**Work to be completed:**
Using the material below, return exactly the lines between the one holding "fn wrong_on(what: Option<WhatIf>, is_in: bool, line: &str)" and the one holding "last wrong step that is asked for.", inclusive, and no others.

(Beginning of Exercise inputs)

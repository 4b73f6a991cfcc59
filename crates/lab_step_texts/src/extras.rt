//! The extras of steps' texts beside texts of callers: calls that take the core by a turn of its own, and a wrong step.
ghost use Rattle.std.specs.Prelude.{◌≡◌, ◌++◌, ◌-◌, [], None, IfOk, codes, OnOk, false, length, map, slice_set, string_bytes};
ghost use Rattle.std.specs.Option.{option_map_or};
ghost use Rattle.std.specs.Str.Lines.{lines};
ghost use Rattle.evl_scenario.specs.Lines.{line_feed};
ghost use Rattle.lab_scenario_orders.specs.Splits as splits;
ghost use Rattle.lab_scenario_orders.specs.Splits.{joined_lines};
ghost use Rattle.lab_step_texts.specs.Extras.{is_empty, is_open, is_strange, is_stray, plain_line, plain_lines, plain_part, strange_from, strange_line, stray_from, stray_line, way_set, ways_from, ways_on, ways_part, wrong_from, wrong_on, wrong_part, wrong_set};

use crate::answers::begins;
use lab_kinds::{bare, is_own, is_set_to, is_what_if, is_what_if_head};
use lab_scenario_orders::past;
use lab_step_orders::{CoreUse, WhatIf};
use std::alloc::{AllocError, Global};

/// The parts of a text of steps.
#[derive(Drop)]
pub(crate) struct Extras {
    /// The text of callers.
    pub(crate) plain: String,
    /// How each step comes by the core.
    pub(crate) ways: Vec<CoreUse>,
    /// The wrong step that is asked for.
    pub(crate) what_if: Option<WhatIf>,
    /// The number of the first line of `[what_if]` that asks for none, or for a second one.
    pub(crate) strange: Option<usize>,
    /// The number of the first line that sets `lasts` outside a step, or once more in one.
    pub(crate) stray: Option<usize>,
}

// Whether a text is the end of the head of a step.
fn ends_step(text: &str) -> bool
    ensures { result ≡ splits.ends_head (codes "step") (codes "]]") text.now }
{
    match past("step", text) {
        Some(rest) => rest.trim() == "]]",
        None => false,
    }
}

// Whether a step begins here.
fn is_step(line: &str) -> bool
    ensures { result ≡ splits.is_step line.now }
{
    match past("[[", bare(line)) {
        Some(rest) => ends_step(rest.trim()),
        None => false,
    }
}

// How a step comes by the core in which this line is, if it says so.
fn way_set(line: &str) -> Option<CoreUse>
    ensures { result ≡ way_set line.now }
{
    if is_set_to("lasts", "true", line) {
        Some(CoreUse::Lasts)
    } else if is_set_to("lasts", "false", line) {
        Some(CoreUse::Tries)
    } else {
        None
    }
}

// The last step comes by the core in this way, if one is named.
fn put_way(ways: &mut Vec<CoreUse>, way: Option<CoreUse>)
    ensures { ways.new.items ≡ option_map_or (λ way. slice_set ways.old.items (length ways.old.items - 1) way) way ways.old.items }
{
    let Some(way) = way else {
        return;
    };
    let count = ways.len();
    if count > 0 {
        ways[count - 1] = way;
    }
}

// The steps up to a line.
fn put_line(ways: &mut Vec<CoreUse>, line: &str) -> Result<(), AllocError>
    ensures { OnOk result (ways.new.items ≡ ways_on ways.old.items line.now) }
{
    if is_step(line) {
        ways.push(CoreUse::Whole)?;
    } else {
        put_way(ways, way_set(line));
    }
    Ok(())
}

// How each step comes by the core.
fn ways_in(alloc: Global, lines: &[&str]) -> Result<Vec<CoreUse>, AllocError>
    ensures { IfOk result (λ ways. ways.items ≡ ways_from [] (map (λ line. line.now) lines.now)) }
{
    let mut ways = Vec::new(alloc);
    for line in lines {
        put_line(&mut ways, *line)?;
    }
    Ok(ways)
}

// The wrong step that a line asks for, if it does.
fn wrong_set(line: &str) -> Option<WhatIf>
    ensures { result ≡ wrong_set line.now }
{
    if is_set_to("offer_drops_mark", "true", line) {
        Some(WhatIf::OfferDropsMark)
    } else if is_set_to("claim_sets_no_mark", "true", line) {
        Some(WhatIf::ClaimSetsNoMark)
    } else if is_set_to("unlock_skips_kernel", "true", line) {
        Some(WhatIf::UnlockSkipsKernel)
    } else if is_set_to("leave_keeps_mark", "true", line) {
        Some(WhatIf::LeaveKeepsMark)
    } else {
        None
    }
}

// The wrong step up to a line, which is in such a table or not.
fn wrong_on(what: Option<WhatIf>, is_in: bool, line: &str) -> Option<WhatIf>
    ensures { result ≡ wrong_on what is_in line.now }
{
    if is_in {
        wrong_set(line).or(what)
    } else {
        what
    }
}

// The last wrong step that is asked for.
fn wrong_in(lines: &[&str]) -> Option<WhatIf>
    ensures { result ≡ wrong_from None false (map (λ line. line.now) lines.now) }
{
    let mut what = None;
    let mut was = false;
    for line in lines {
        was = is_what_if(was, *line);
        what = wrong_on(what, was, *line);
    }
    what
}

// Whether nothing is on a line but a comment.
fn is_empty(line: &str) -> bool
    ensures { result ≡ is_empty line.now }
{
    bare(line) == ""
}

// Whether a line of such a table asks for no wrong step, or for a second one.
fn is_strange(what: Option<WhatIf>, is_in: bool, line: &str) -> bool
    ensures { result ≡ is_strange what is_in line.now }
{
    is_in
        && !(is_what_if_head(line)
            || (is_empty(line) || (wrong_set(line).is_some() && what.is_none())))
}

// The number of the first line that does, from 1.
fn strange_in(lines: &[&str]) -> Option<usize>
    ensures { result ≡ strange_from 1 None false (map (λ line. line.now) lines.now) }
{
    let mut what = None;
    let mut was = false;
    for (i, line) in lines.iter().enumerate() {
        was = is_what_if(was, *line);
        if is_strange(what, was, *line) {
            return Some(i + 1);
        }
        what = wrong_on(what, was, *line);
    }
    None
}

// Whether a table begins here.
fn is_table(line: &str) -> bool
    ensures { result ≡ splits.is_table line.now }
{
    begins(b"[", bare(line).as_bytes())
}

// Whether a step goes on after a line that has no `lasts` so far.
fn is_open(was: bool, line: &str) -> bool
    ensures { result ≡ is_open was line.now }
{
    if is_table(line) {
        is_step(line)
    } else {
        was && !way_set(line).is_some()
    }
}

// Whether a line sets `lasts` elsewhere, or once more.
fn is_stray(going: bool, line: &str) -> bool
    ensures { result ≡ is_stray going line.now }
{
    way_set(line).is_some() && !going
}

// The number of the first line that does, from 1.
fn stray_in(lines: &[&str]) -> Option<usize>
    ensures { result ≡ stray_from 1 false (map (λ line. line.now) lines.now) }
{
    let mut going = false;
    for (i, line) in lines.iter().enumerate() {
        if is_stray(going, *line) {
            return Some(i + 1);
        }
        going = is_open(going, *line);
    }
    None
}

// Puts a line to the text of callers, blank where that hasn't it.
fn put_plain(text: &mut String, is_in: bool, line: &str) -> Result<(), AllocError>
    ensures { OnOk result (string_bytes text.new ≡ string_bytes text.old ++ (plain_line is_in line.now ++ line_feed)) }
{
    if !is_own(is_in, line) {
        text.push_str(line)?;
    }
    text.push_str("\n")
}

// The text of callers.
fn plain_in(alloc: Global, lines: &[&str]) -> Result<String, AllocError>
    ensures { IfOk result (λ text. string_bytes text ≡ joined_lines (plain_lines false (map (λ line. line.now) lines.now))) }
{
    let mut text = String::new(alloc);
    let mut was = false;
    for line in lines {
        was = is_what_if(was, *line);
        put_plain(&mut text, was, *line)?;
    }
    Ok(text)
}

/// The lines of a text, in order.
pub(crate) fn lines_of(alloc: Global, text: &str) -> Result<Vec<&str>, AllocError>
    ensures { IfOk result (λ all. map (λ line. line.now) all.items ≡ lines text.now) }
{
    text.lines().collect(alloc)
}

/// The parts of a text of steps. `AllocError` where memory couldn't grow.
pub(crate) fn extras_of(alloc: Global, text: &str) -> Result<Extras, AllocError>
    ensures plain { IfOk result (λ e. string_bytes e.plain ≡ plain_part text.now) }
    ensures ways { IfOk result (λ e. e.ways.items ≡ ways_part text.now) }
    ensures what_if { IfOk result (λ e. e.what_if ≡ wrong_part text.now) }
    ensures strange { IfOk result (λ e. e.strange ≡ strange_line text.now) }
    ensures stray { IfOk result (λ e. e.stray ≡ stray_line text.now) }
{
    let all = lines_of(alloc, text)?;
    let lines = all.as_slice();
    let plain = plain_in(alloc, lines)?;
    let ways = ways_in(alloc, lines)?;
    Ok(Extras {
        plain,
        ways,
        what_if: wrong_in(lines),
        strange: strange_in(lines),
        stray: stray_in(lines),
    })
}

(End of Exercise inputs)

**Solution:**
fn wrong_on(what: Option<WhatIf>, is_in: bool, line: &str) -> Option<WhatIf>
    ensures { result ≡ wrong_on what is_in line.now }
{
    if is_in {
        wrong_set(line).or(what)
    } else {
        what
    }
}

// The last wrong step that is asked for.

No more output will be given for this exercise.